Bishop D K, Williamson M S, Fogel S, Kolodner R D
Nature. 1987;328(6128):362-4. doi: 10.1038/328362a0.
Two different models have been proposed to explain the relative frequencies of the non-mendelian allelic segregations which are detected by tetrad analysis after meiosis in fungi. The first model maintains that 6:2 type tetrads result from correction of heteroduplexes containing mismatched sites and 5:3 type tetrads result from failure to correct mismatched sites. The second model suggests that 6:2 segregations result from the filling-in of double-strand gaps using information obtained from both strands of a homologous duplex. In this model 5:3 type tetrads result if the allele is included in the heteroduplex regions flanking the gap and the resulting mismatched nucleotides are not corrected.

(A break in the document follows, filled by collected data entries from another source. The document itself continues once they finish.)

// The added seconds: TAI-UTC on a day, and the last second of a minute.

ghost use Rattle.std.specs.Prelude.{◌≡◌, ◌≤◌, pos, nat_abs};
ghost use Rattle.rules.specs.Dates as rule;
ghost use Rattle.laws.specs.OfNumbers.{time_of_parts};

// The day numbers of the steps, 1 July and then 1 January, in the order of `steps` of the rules.
// A step that is announced (IERS, Bulletin C) is added at its place, here and wherever
// docs/RULES.md, "Dates", says that the steps stand.
const STEPS: [i64; 27] = [
    -10045, // 1972-07-01
    -6758, // 1981-07-01
    -6393, // 1982-07-01
    -6028, // 1983-07-01
    -5297, // 1985-07-01
    -2740, // 1992-07-01
    -2375, // 1993-07-01
    -2010, // 1994-07-01
    -914, // 1997-07-01
    4565, // 2012-07-01
    5660, // 2015-07-01
    -9861, // 1973-01-01
    -9496, // 1974-01-01
    -9131, // 1975-01-01
    -8766, // 1976-01-01
    -8400, // 1977-01-01
    -8035, // 1978-01-01
    -7670, // 1979-01-01
    -7305, // 1980-01-01
    -4383, // 1988-01-01
    -3652, // 1990-01-01
    -3287, // 1991-01-01
    -1461, // 1996-01-01
    -365, // 1999-01-01
    2192, // 2006-01-01
    3288, // 2009-01-01
    6210, // 2017-01-01
];

// TAI-UTC in s on a day. A `for`: a `count` of a `filter` is no plainer, and the compiler works
// this one several steps at once.
pub fn tai_minus_utc(day: i64) -> i64
    ensures { result ≡ pos (rule.tai_minus_utc day) }
{
    let mut seconds = 10;
    for step in &STEPS {
        if *step <= day {
            seconds += 1;
        }
    }
    seconds
}

// Whether a day is the day before a step. That it is a day of the span stays a clause, here and in
// what calls it: `calendar::day_of` answers a number, and a type would be made of it and taken
// apart again in `instants`, its one caller.
fn before_step(day: i64) -> bool
    requires { nat_abs day ≤ 36524 }
    ensures { result ≡ rule.before_step day }
{
    tai_minus_utc(day) != tai_minus_utc(day + 1)
}

// The last second of a minute: 60 only at 23:59 of the day before a step.
#[tactic(auto, using(crate::proofs::Equal::equal, crate::proofs::Equal::not_equal), unfolding(rules::specs::Dates::last_second))]
pub fn last_second(day: i64, hour: i64, minute: i64) -> i64
    requires { nat_abs day ≤ 36524 }
    ensures { result ≡ pos (rule.last_second day (time_of_parts hour minute (pos 0) (pos 0))) }
{
    if hour == 23 && minute == 59 && before_step(day) {
        60
    } else {
        59
    }
}
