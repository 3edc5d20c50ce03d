#![tactic(auto)]

// The time of day: whether it exists, its ms, and UT and TT at it.

ghost use Rattle.std.specs.Prelude.{◌≡◌, ◌≤◌, nat_abs};
ghost use Rattle.rules.specs.Dates as rule;
ghost use Rattle.laws.specs.Instants.{RealTime, InstantParts};
ghost use Rattle.laws.specs.OfNumbers.{time_of_parts, utc_at, instants_at};

use crate::added_seconds::{last_second, tai_minus_utc};
use rules::{Instants, Time, Tt, Ut};
use whole::is_between;

mod added_seconds;
pub mod days;

// Whether there is no such time on a day. Any five numbers are told from a time, so they are no
// `Time`, whose parts are narrower.
pub fn time_refused(day: i64, hour: i64, minute: i64, second: i64, ms: i64) -> bool
    requires { nat_abs day ≤ 36524 }
    ensures { result ≡ rule.time_refused day (time_of_parts hour minute second ms) }
{
    !is_between(0, 23, hour)
        || !is_between(0, 59, minute)
        || !is_between(0, last_second(day, hour, minute), second)
        || !is_between(0, 999, ms)
}

// The ms of day.
pub fn ms_of_day(time: Time) -> i64
    requires { RealTime time }
    ensures { result ≡ rule.ms_of_day time }
{
    let minutes = i64::from(time.hour) * 60 + i64::from(time.minute);
    (minutes * 60 + i64::from(time.second)) * 1000 + i64::from(time.ms)
}

// What UT and TT begin with: the ms from noon of day 0.
fn utc_ms(day: i64, ms: i64) -> i64
    requires { (nat_abs day ≤ 36524) × (nat_abs ms ≤ 86400999) }
    ensures { result ≡ utc_at day ms }
{
    day * 86_400_000 + ms - 43_200_000
}

// UT and TT on a day, at a ms of day. TT is 32.184 s after TAI (source 000, section 2.1).
pub fn instants_at(day: i64, ms: i64, ut1_minus_utc: i64) -> Instants
    requires { InstantParts day ms ut1_minus_utc }
    ensures { result ≡ instants_at day ms ut1_minus_utc }
{
    let utc = utc_ms(day, ms);
    let tt = utc + (32_184 + 1000 * tai_minus_utc(day));
    Instants {
        ut: Ut(utc + ut1_minus_utc),
        tt: Tt(tt),
    }
}
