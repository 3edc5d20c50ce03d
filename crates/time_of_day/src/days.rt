// The days of the span, in ms.

ghost use Rattle.std.specs.Prelude.{◌≡◌, pos, nat_abs};
ghost use Rattle.laws.specs.Ranges.{InRange};
ghost use Rattle.laws.specs.Days.{ms_before};

use crate::added_seconds::tai_minus_utc;

// The ms of so many days from the first of the span on, added seconds among them.
pub fn ms_before(days: i64) -> i64
    requires { InRange 0 46752 days }
    ensures { result ≡ pos (ms_before (nat_abs days)) }
{
    days * 86_400_000 + 1000 * (tai_minus_utc(days - 10227) - 10)
}
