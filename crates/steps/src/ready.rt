// Nights whose steps can be taken.

use rules::Night;
use std::marker::Model;

// A night that fits the steps, as each does that `night::night_at` works. A contract sees the night
// alone.
#[derive(Clone, Copy)]
pub struct ReadyNight {
    pub night: Night,
}

impl Model for ReadyNight {
    ghost use Rattle.rules.specs.declared.Night.{Night};
    ghost use Rattle.laws.specs.Night.{NightFits};

    ghost Value = { Night };

    ghost view = { λ a. a.night };

    ghost invariant = { λ a. NightFits a.night };

    ghost inverse = { λ n. record { night = n } };
}
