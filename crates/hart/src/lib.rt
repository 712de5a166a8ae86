//! One hart, and what an instruction does to it and to memory.
//!
//! `specs/Effects.antt` says what an instruction does, as a value, and what that value leaves. `act` does it.
#![tactic(auto)]

pub mod act;
pub mod hart;
mod memory;
#[cfg(test)]
mod tests;
mod words;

We have studied the correction of heteroduplex plasmid DNA in pms1 mutant strains of Saccharomyces cerevisiae, which are known to exhibit higher frequencies of 5:3 type tetrads and lower frequencies of 6:2 tetrads than wild-type strains. Our results suggest that the pms1 mutation causes a defect in mismatch correction, supporting the hypothesis that meiotic gene conversion in wild-type yeast cells often results from the correction of heteroduplex DNA.
为了解释真菌减数分裂后通过四分子分析检测到的非孟德尔等位基因分离的相对频率,已经提出了两种不同的模型。第一个模型认为,6:2型四分子是由含有错配位点的异源双链体的校正产生的,而5:3型四分子是由错配位点未能校正产生的。第二个模型表明,6:2分离是通过使用从同源双链体的两条链获得的信息填充双链间隙而产生的。在这个模型中,如果等位基因包含在间隙两侧的异源双链区域中,并且由此产生的错配核苷酸没有得到校正,就会产生5:3型四分子。我们研究了酿酒酵母pms1突变株中异源双链体质粒DNA的校正情况,已知该突变株比野生型菌株表现出更高频率的5:3型四分子和更低频率的6:2四分子。我们的结果表明,pms1突变导致错配校正缺陷,支持了野生型酵母细胞减数分裂基因转换通常由异源双链DNA校正产生的假设。